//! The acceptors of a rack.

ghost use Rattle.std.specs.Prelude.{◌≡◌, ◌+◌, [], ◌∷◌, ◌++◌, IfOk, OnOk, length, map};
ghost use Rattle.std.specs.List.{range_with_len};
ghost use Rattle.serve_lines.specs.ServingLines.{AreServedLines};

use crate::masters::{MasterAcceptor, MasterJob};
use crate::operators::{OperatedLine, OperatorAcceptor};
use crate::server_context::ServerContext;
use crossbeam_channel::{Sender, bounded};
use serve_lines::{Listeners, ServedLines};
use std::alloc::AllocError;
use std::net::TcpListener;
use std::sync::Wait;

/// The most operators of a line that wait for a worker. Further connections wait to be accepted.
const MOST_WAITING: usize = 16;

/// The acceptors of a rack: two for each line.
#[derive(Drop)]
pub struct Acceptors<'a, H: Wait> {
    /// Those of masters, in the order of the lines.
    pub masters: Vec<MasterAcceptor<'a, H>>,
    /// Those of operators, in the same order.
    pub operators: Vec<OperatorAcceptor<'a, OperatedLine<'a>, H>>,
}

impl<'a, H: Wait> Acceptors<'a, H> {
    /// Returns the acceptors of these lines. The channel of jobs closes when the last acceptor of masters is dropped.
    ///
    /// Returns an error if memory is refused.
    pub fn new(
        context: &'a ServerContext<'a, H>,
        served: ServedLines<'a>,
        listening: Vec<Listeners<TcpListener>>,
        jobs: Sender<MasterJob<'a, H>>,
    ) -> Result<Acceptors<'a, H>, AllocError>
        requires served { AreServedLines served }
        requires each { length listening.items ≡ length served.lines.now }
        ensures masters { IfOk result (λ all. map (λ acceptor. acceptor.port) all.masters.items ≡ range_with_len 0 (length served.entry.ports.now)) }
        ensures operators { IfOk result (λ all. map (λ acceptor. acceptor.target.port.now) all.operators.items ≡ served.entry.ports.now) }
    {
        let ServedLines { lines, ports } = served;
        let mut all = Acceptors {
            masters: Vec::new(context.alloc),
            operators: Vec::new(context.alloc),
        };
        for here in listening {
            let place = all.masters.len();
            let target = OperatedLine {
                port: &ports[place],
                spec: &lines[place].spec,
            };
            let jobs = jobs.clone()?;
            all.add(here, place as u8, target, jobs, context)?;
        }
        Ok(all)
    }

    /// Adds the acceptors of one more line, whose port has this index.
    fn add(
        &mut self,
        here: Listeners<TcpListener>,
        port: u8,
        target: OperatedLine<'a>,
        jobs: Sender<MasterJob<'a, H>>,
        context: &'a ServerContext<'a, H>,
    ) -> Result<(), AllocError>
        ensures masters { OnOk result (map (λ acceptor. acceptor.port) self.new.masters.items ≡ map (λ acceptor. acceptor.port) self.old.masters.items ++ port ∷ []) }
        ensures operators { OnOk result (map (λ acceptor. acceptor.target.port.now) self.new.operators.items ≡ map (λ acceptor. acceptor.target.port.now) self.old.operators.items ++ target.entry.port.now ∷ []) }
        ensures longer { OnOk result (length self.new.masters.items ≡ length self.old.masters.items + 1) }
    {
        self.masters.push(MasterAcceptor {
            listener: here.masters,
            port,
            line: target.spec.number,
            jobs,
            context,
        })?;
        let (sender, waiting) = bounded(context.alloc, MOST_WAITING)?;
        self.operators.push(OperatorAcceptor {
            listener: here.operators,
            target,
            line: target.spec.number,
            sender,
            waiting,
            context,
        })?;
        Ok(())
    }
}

================================

> _Work item_:
Using the listing above, locate the lines that hold "place" and copy each one.

> _Solved exercise_:
            let place = all.masters.len();
                port: &ports[place],
                spec: &lines[place].spec,
            all.add(here, place as u8, target, jobs, context)?;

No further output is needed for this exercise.